Health care professionals should be aware that the use of [Zetia] in combination with a statin is contraindicated in patients with active liver disease or unexplained persistent elevations of liver transaminases.
In the two years since this 2005 Dear Doctor letter about Zetia was sent by the Merck and Schering group in Canada there have been some case reports of serious liver injury in patients using Zetia and statins -- but for the most part Zetia-induced liver injury had been off-the-radar for most drug safety observers.
Now we have some idea about why, perhaps, Zetia-induced liver injury side effects were not more widely known.
In a December 21, 2007 article, "Data About Zetia Risks Was Not Fully Revealed", New York Times (NYT) reporter Alex Berenson broke the story that Merck and Schering-Plough had conducted several studies of Zetia which, in fact, raised the possibility that Zetia can cause liver damage when used long-term with other statins -- but these drug companies decided not to publish the results of those Zetia studies.
In preparing for his December 2007 Zetia article, the Times' reporter Alex Berenson spoke to a drug company representative and some medical doctors about this reporter's discovery of unpublished research about Zetia and liver-related side effects.
We'll start with comments from two doctors who spoke with Mr. Berenson about this emerging drug safety issue:
“You don’t want to have data missing,” said Dr.
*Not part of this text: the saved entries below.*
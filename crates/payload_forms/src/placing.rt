//! Captured values with their steps right before their first uses.

ghost use Rattle.std.specs.Prelude.{◌≡◌, ◌∷◌, ◌++◌, [], ◌+◌, ◌&&◌, not, true, nat_lt, suc, length, map, slice_index_or, IfOk, OnOk};
ghost use Rattle.mlir_meaning.specs.Grids.{count_up};
ghost use Rattle.mlir_meaning.specs.Points.{has, place_of};
ghost use Rattle.payload_forms.specs.Captured.{named, news, others, placed, placed_steps, placed_to, spots, used};
ghost use Rattle.named_forms.specs.Fit.{IsFit};
ghost use Rattle.payload_forms.specs.Moved.{args_of, block, captured_step, own_index};
ghost use Rattle.payload_forms.specs.Names.{renamed};
ghost use Rattle.payload_forms.specs.Uses.{Notes, PlacedFits};

use crate::first_uses::FirstUses;
use crate::joining::InFront;
use crate::moving::{Moving, push_captured};
use crate::numbers::{number, number_at, plus};
use crate::renaming::{Inputs, Renaming};
use mlir_base::{List, Memory};
use payload_ops::{Arg, Payload, PayloadStep, StepOp, payload};
use std::alloc::Global;

/// A payload, and which of the captured values before it are its own, in order of first use.
#[derive(Drop)]
pub struct PlacedPayload {
    pub payload: Payload,
    pub used: FirstUses,
}

/// Of the first steps: which of `captured` values they use, the numbers of these values' steps and of the others,
/// and that of the next step.
#[derive(Drop)]
pub(crate) struct Uses {
    captured: u32,
    seen: FirstUses,
    spots: List<u32>,
    others: List<u32>,
    next: u64,
}

impl Uses {
    fn new(alloc: Global, captured: u32) -> Uses
        ensures captured { result.captured ≡ captured }
        ensures seen { result.seen ≡ [] }
        ensures spots { result.spots ≡ [] }
        ensures others { result.others ≡ [] }
        ensures next { result.next ≡ 0 }
    {
        Uses {
            captured,
            seen: FirstUses::new(alloc),
            spots: List::new(alloc),
            others: List::new(alloc),
            next: 0,
        }
    }

    fn is_new(&self, k: u32) -> bool
        ensures { result ≡ (nat_lt k self.now.captured && not (has self.now.seen k)) }
    {
        k < self.captured && !self.seen.has(k)
    }

    /// Gives a captured value the next step.
    fn add(&mut self, k: u32) -> Result<(), Memory>
        requires { (nat_lt k self.old.captured && not (has self.old.seen k)) ≡ true }
        ensures { OnOk result (Notes self.old (Arg.Step k ∷ []) self.new) }
    {
        self.spots.push(number(self.next)?)?;
        self.next = plus(self.next, 1)?;
        self.seen.add(k)
    }

    /// Gives a captured value a step, if it has none.
    fn note_captured(&mut self, k: u32) -> Result<(), Memory>
        ensures { OnOk result (Notes self.old (Arg.Step k ∷ []) self.new) }
    {
        if self.is_new(k) { self.add(k) } else { Ok(()) }
    }

    fn note(&mut self, arg: Arg) -> Result<(), Memory>
        ensures { OnOk result (Notes self.old (arg ∷ []) self.new) }
    {
        match arg {
            Arg::Input(_) => Ok(()),
            Arg::Out => Ok(()),
            Arg::Step(k) => self.note_captured(k),
        }
    }

    fn note_two(&mut self, a: Arg, b: Arg) -> Result<(), Memory>
        ensures { OnOk result (Notes self.old (a ∷ b ∷ []) self.new) }
    {
        self.note(a)?;
        self.note(b)
    }

    fn note_three(&mut self, c: Arg, a: Arg, b: Arg) -> Result<(), Memory>
        ensures { OnOk result (Notes self.old (c ∷ a ∷ b ∷ []) self.new) }
    {
        self.note(c)?;
        self.note_two(a, b)
    }

    fn note_terms(&mut self, terms: &[(Arg, i64)]) -> Result<(), Memory>
        ensures { OnOk result (Notes self.old (map (λ t. t.0) terms.now) self.new) }
    {
        for term in terms {
            self.note(term.0)?;
        }
        Ok(())
    }

    fn note_operation(&mut self, op: &StepOp) -> Result<(), Memory>
        ensures { OnOk result (Notes self.old (args_of op.now) self.new) }
    {
        match op {
            StepOp::Const(_) | StepOp::Index(_) | StepOp::Captured(_) => Ok(()),
            StepOp::Linear { terms, .. } => self.note_terms(terms.as_slice()),
            StepOp::Binary(_, a, b) => self.note_two(*a, *b),
            StepOp::Compare(_, a, b) => self.note_two(*a, *b),
            StepOp::Select(c, a, b) => self.note_three(*c, *a, *b),
            StepOp::SignExtend(a) => self.note(*a),
            StepOp::ZeroExtend(a) => self.note(*a),
            StepOp::Truncate(a) => self.note(*a),
            StepOp::IndexCast(a) => self.note(*a),
        }
    }

    fn note_step(&mut self, step: &PayloadStep) -> Result<(), Memory>
        ensures captured { OnOk result (self.new.captured ≡ self.old.captured) }
        ensures seen { OnOk result (self.new.seen ≡ self.old.seen ++ named self.old.captured self.old.seen step.now) }
        ensures spots { OnOk result (self.new.spots ≡ self.old.spots ++ count_up self.old.next (length (named self.old.captured self.old.seen step.now))) }
        ensures others { OnOk result (self.new.others ≡ self.old.others ++ (self.old.next + length (named self.old.captured self.old.seen step.now)) ∷ []) }
        ensures next { OnOk result (self.new.next ≡ suc (self.old.next + length (named self.old.captured self.old.seen step.now))) }
    {
        self.note_operation(&step.op)?;
        self.others.push(number(self.next)?)?;
        self.next = plus(self.next, 1)?;
        Ok(())
    }

    /// What these steps use, of so many captured values.
    fn of(alloc: Global, captured: u32, rest: &[PayloadStep]) -> Result<Uses, Memory>
        ensures captured { IfOk result (λ u. u.captured ≡ captured) }
        ensures seen { IfOk result (λ u. u.seen ≡ used captured [] rest.now) }
        ensures spots { IfOk result (λ u. u.spots ≡ spots captured 0 [] rest.now) }
        ensures others { IfOk result (λ u. u.others ≡ others captured 0 [] rest.now) }
    {
        let mut uses = Uses::new(alloc, captured);
        for step in rest {
            uses.note_step(step)?;
        }
        Ok(uses)
    }

    /// The number of the step of a captured value.
    fn spot(&self, k: u32) -> u32
        ensures { result ≡ slice_index_or self.now.spots (place_of k 0 self.now.seen) 0 }
    {
        number_at(self.spots.as_slice(), self.seen.place_of(k))
    }

    /// The new numbers of all steps: of those for captured values, and of the others.
    fn numbers(&self, alloc: Global) -> Result<List<u32>, Memory>
        ensures { IfOk result (λ l. l ≡ map (λ k. slice_index_or self.now.spots (place_of k 0 self.now.seen) 0) (count_up 0 self.now.captured) ++ self.now.others) }
    {
        let mut all = List::new(alloc);
        for k in 0..self.captured {
            all.push(self.spot(k))?;
        }
        for n in self.others.as_slice() {
            all.push(*n)?;
        }
        Ok(all)
    }
}

/// Adds steps for `count` captured values from `first` on, and then a step under number `other`.
fn push_step(
    alloc: Global,
    steps: &mut List<PayloadStep>,
    to: &Renaming,
    first: u64,
    count: u64,
    other: u64,
    step: &PayloadStep,
) -> Result<(), Memory>
    ensures { OnOk result (steps.new ≡ steps.old ++ (map captured_step (count_up first count) ++ block own_index (renamed to.now.inputs to.now.steps.now) other step.now.ty step.now.op)) }
{
    let moving = Moving {
        exprs: None,
        captured: &[],
    };
    push_captured(steps, first, count)?;
    moving.push_block(alloc, steps, to, other, step)
}

/// The steps with these new names, and a step for each captured value right before its first use.
fn placed_steps(
    alloc: Global,
    to: &Renaming,
    uses: &Uses,
    rest: &[PayloadStep],
) -> Result<List<PayloadStep>, Memory>
    requires { uses.now.others ≡ others uses.now.captured 0 [] rest.now }
    ensures { IfOk result (λ l. l ≡ placed_steps uses.now.captured (renamed to.now.inputs to.now.steps.now) 0 [] rest.now) }
{
    let mut steps = List::new(alloc);
    let mut seen = 0u64;
    let mut next = 0u64;
    for (i, step) in rest.iter().enumerate() {
        let other = number_at(uses.others.as_slice(), i) as u64;
        let count = other - next;
        push_step(alloc, &mut steps, to, seen, count, other, step)?;
        seen = plus(seen, count)?;
        next = other + 1;
    }
    Ok(steps)
}

/// The steps of a payload with its captured values placed, what it yields, and which captured values it uses.
#[derive(Drop)]
struct Parts {
    steps: List<PayloadStep>,
    yielded: Arg,
    used: FirstUses,
}

fn renamed_parts(alloc: Global, front: &InFront, uses: Uses) -> Result<Parts, Memory>
    requires captured { uses.captured ≡ front.now.captured }
    requires seen { uses.seen ≡ used front.now.captured [] front.now.rest }
    requires spots { uses.spots ≡ spots front.now.captured 0 [] front.now.rest }
    requires others { uses.others ≡ others front.now.captured 0 [] front.now.rest }
    ensures steps { IfOk result (λ p. p.steps ≡ placed_steps front.now.captured (placed_to front.now.captured front.now.rest) 0 [] front.now.rest) }
    ensures yielded { IfOk result (λ p. p.yielded ≡ placed_to front.now.captured front.now.rest front.now.yielded) }
    ensures used { IfOk result (λ p. p.used ≡ used front.now.captured [] front.now.rest) }
{
    let numbers = uses.numbers(alloc)?;
    let to = Renaming {
        inputs: Inputs::Kept,
        steps: numbers.as_slice(),
    };
    let steps = placed_steps(alloc, &to, &uses, front.rest.as_slice())?;
    let yielded = to.name(front.yielded)?;
    Ok(Parts {
        steps,
        yielded,
        used: uses.seen,
    })
}

fn placed_parts(alloc: Global, front: &InFront) -> Result<Parts, Memory>
    ensures steps { IfOk result (λ p. p.steps ≡ placed_steps front.now.captured (placed_to front.now.captured front.now.rest) 0 [] front.now.rest) }
    ensures yielded { IfOk result (λ p. p.yielded ≡ placed_to front.now.captured front.now.rest front.now.yielded) }
    ensures used { IfOk result (λ p. p.used ≡ used front.now.captured [] front.now.rest) }
{
    let uses = Uses::of(alloc, front.captured, front.rest.as_slice())?;
    renamed_parts(alloc, front, uses)
}

/// The payload with each captured value that is used once, right before its first use, and the others gone; or `None`
/// where its parts don't fit together. Linear in the number of steps and of captured values.
pub fn placed(alloc: Global, front: InFront) -> Result<Option<PlacedPayload>, Memory>
    ensures { IfOk result (λ r. IsFit PlacedFits r (record { payload = placed front.captured front.ins front.out front.rest front.yielded; used = used front.captured [] front.rest })) }
{
    let parts = placed_parts(alloc, &front)?;
    match payload(front.ins, front.out, parts.steps, parts.yielded) {
        Some(payload) => Ok(Some(PlacedPayload {
            payload,
            used: parts.used,
        })),
        None => Ok(None),
    }
}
Bruce Psaty, a professor of medicine and epidemiology at the University of Washington. “When there have been adverse effects, when the benefits don’t look impressive, those are the trials that historically don’t make it to press.”...
“We keep telling people we want to practice evidence-based medicine, and what we keep finding out is that much of the evidence is obscured,” said Dr. Harlan Krumholz, a cardiologist at Yale, when told about the previously undisclosed studies. “There is important evidence, but it’s not in public view. It’s hidden from investigators.”
On the other side of things, the Schering-Plough representative had this to say :
A Schering executive, when asked by a reporter about the unpublished [Zetia] studies, confirmed their existence. But the executive, Dr. Robert J. Spiegel, said the companies had not considered the [Zetia] studies scientifically important enough to publish their findings. Some may eventually be published, he said.
"We’re pretty comfortable that people don’t have trouble tolerating Zetia,” said Dr. Spiegel, the chief medical officer of the Schering-Plough Research Institute, Kenilworth, N.J. (Emphasis added.)
In his December 2007 NYT article Mr. Berenson provides some reasons, however, why doctors and patients may not want to go along with this "reassurance" from Schering's Dr. Spiegel:
Most of the studies about Zetia in which Merck and Schering have published the results covered periods of only 12 weeks — not enough time for liver problems to develop in most patients....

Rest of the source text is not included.